I'm looking for a recommendation on software that supports screen sharing for FreeBSD. 

I've never in my life tried to do audio recording or screen sharing with FreeBSD. Everyone is using Skype or Discord or Teams and I can't do a presentation without my work laptop. I want to cut my reliance on using it. MacOS ...  I'm going to try and pick up a cheap mic some where and test it with my on-board sound card. I don't actually use this card as I'm using a USB Schiit DAC, so, hopefully no issues or conflicts there.

TIA,
Schrodinger.


----------



## Alain De Vos (Apr 8, 2020)

I never used "screensharing". But I am aware of "xephyr" and "xnest", display servers you can even use without any video card, headless.


----------



## Birdy (Apr 9, 2020)

This maybe - I haven't tried it out yet: Tox (see the bottom of the page)


----------



## Alain De Vos (Apr 9, 2020)

https://apps.kde.org/krfb/
		


And







						Remote desktop client with RDP, SSH, SPICE, VNC, and X2Go protocol support.
					

Remmina — X2Go, RDP, SSH, SPICE, VNC, and X2Go protocol remote desktop client.




					remmina.org


----------



## 20-100-2fe (Apr 9, 2020)

What is exactly your use case?
For presentations or trainings, a solution such as https://meet.jit.si or BigBlueButton is particularly well suited.
If you want to provide access to servers or VMs without installing anything on the client machine, you should consider Guacamole.
Remmina and the like are more for remote access.


----------



## schrodinger (Apr 10, 2020)

20-100-2fe said:


> What is exactly your use case?
> For presentations or trainings, a solution such as https://meet.jit.si or BigBlueButton is particularly well suited.
> If you want to provide access to servers or VMs without installing anything on the client machine, you should consider Guacamole.
> Remmina and the like are more for remote access.

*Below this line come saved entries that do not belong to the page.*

//! The trail of a run: the count of its tests, and what it has evaluated and may ask again.
ghost use Rattle.std.specs.Fn.{FnOnceReturnsAtMut};
ghost use Rattle.std.specs.Prelude.{◌≡◌, Ok, IfErr, IfOk, IfSome};
ghost use Rattle.book_model.specs.programs.Leading.{next_turn};
ghost use Rattle.encl_core.specs.Kept.{IsKept, IsKeptWithin, program_of, tests_of};

use crate::Span;
use crate::asked::Asked;
use crate::kept::Kept;

/// How many tests a run has made, and what it caches: the new moon of number 0, some of the last other new moons, and ΔT of the
/// last year, each at its place (`Asked`). The count stops at the greatest `u32`. What is cached is only ever what the run would
/// evaluate anew, so it changes no answer; and it is taken only by enclosures of the scale at which it was evaluated.
#[derive(Drop)]
pub struct Trail {
    count: u32,
    kept: [Option<Kept>; 5],
}

impl Trail {
    /// The trail of a run that has made no test, and caches nothing.
    pub fn new() -> Self
        ensures empty { result.count ≡ 0 }
    {
        Trail {
            count: 0,
            kept: [None; 5],
        }
    }

    // The evaluator has one trail for each scale, which caches the new moon of number 0 and from
    // which each run begins.
    /// The trail of another run, which has made no test, and caches what this one does.
    pub fn anew(&self) -> Self
        ensures empty { result.count ≡ 0 }
    {
        Trail {
            count: 0,
            kept: self.kept,
        }
    }

    /// How many tests have been made.
    pub fn count(&self) -> u32
        ensures value { result ≡ self.now.count }
    {
        self.count
    }

    // Public, since a formula that decides a test in whole numbers counts it itself.
    /// Counts one more test, and gives its number.
    #[tactic(auto, unfolding(book_model::specs::programs::Leading::next_turn))]
    pub fn step(&mut self) -> u32
        ensures counted { self.new.count ≡ next_turn self.old.count }
        ensures number { result ≡ self.new.count }
    {
        self.count = self.count.saturating_add(1);
        self.count
    }

    /// What a call gives on this trail, as a try: where it fails its tests are no part of the run, and another is made in its place.
    pub fn attempt<T, X, F: FnOnce(&mut Trail) -> Result<T, X>>(&mut self, call: F) -> Result<T, X>
        requires { F.IsAlwaysCallable call }
        ensures found { IfOk result (λ t. FnOnceReturnsAtMut F.FnOnce call self.old (Ok t) self.new) }
        ensures back { IfErr result (λ x. self.new.count ≡ self.old.count) }
    {
        let before = self.count;
        let result = call(self);
        if result.is_err() {
            self.count = before;
        }
        result
    }

    /// The endpoints of what is asked, if they are cached at scale 2 to the power of minus `bits`. Who takes them counts the tests
    /// that they were evaluated by.
    pub fn kept(&self, asked: Asked, bits: u32) -> Option<Span>
        ensures evaluated { IfSome result (IsKept (tests_of asked) (program_of asked)) }
        ensures measured { IfSome result (IsKeptWithin asked bits) }
    {
        self.kept[asked.place()]?.at(asked, bits)
    }

    // It asks for endpoints that were evaluated: what a trail caches says by its type that it is right.
    /// Caches the endpoints of what is asked, as enclosures at scale 2 to the power of minus `bits` gave them, if they did, in place of
    /// what was cached there.
    pub fn keep(&mut self, asked: Asked, bits: u32, endpoints: Option<Span>)
        requires evaluated { IfSome endpoints (IsKept (tests_of asked) (program_of asked)) }
        requires measured { IfSome endpoints (IsKeptWithin asked bits) }
        ensures counted { self.new.count ≡ self.old.count }
    {
        if let Some(endpoints) = endpoints {
            self.kept[asked.place()] = Some(Kept::new(asked, bits, endpoints));
        }
    }
}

Use case is presentations and training. Don't need video but I need audio and to be able to share either my entire desktop or just one application to viewers.


----------



## schrodinger (Apr 10, 2020)

I just tried out Jitsi and it looks perfect. Going to test later on with some groups and see how it goes. Many thanks.


----------



## Alain De Vos (Apr 10, 2020)

Does it depend on your browser ?


----------



## schrodinger (Apr 11, 2020)

In the case of Jitsi it uses the browser. I was happy with either a native app or the browser. I tested with a small group and it worked fine for me but I'll have a bigger audience in a few weeks.


----------



## grahamperrin@ (Feb 16, 2022)

Talky

<https://talky.io/>


----------



## 3301 (Feb 16, 2022)

For me web version of zoom worked perfectly, was able to share 4k screen with decent audio.


----------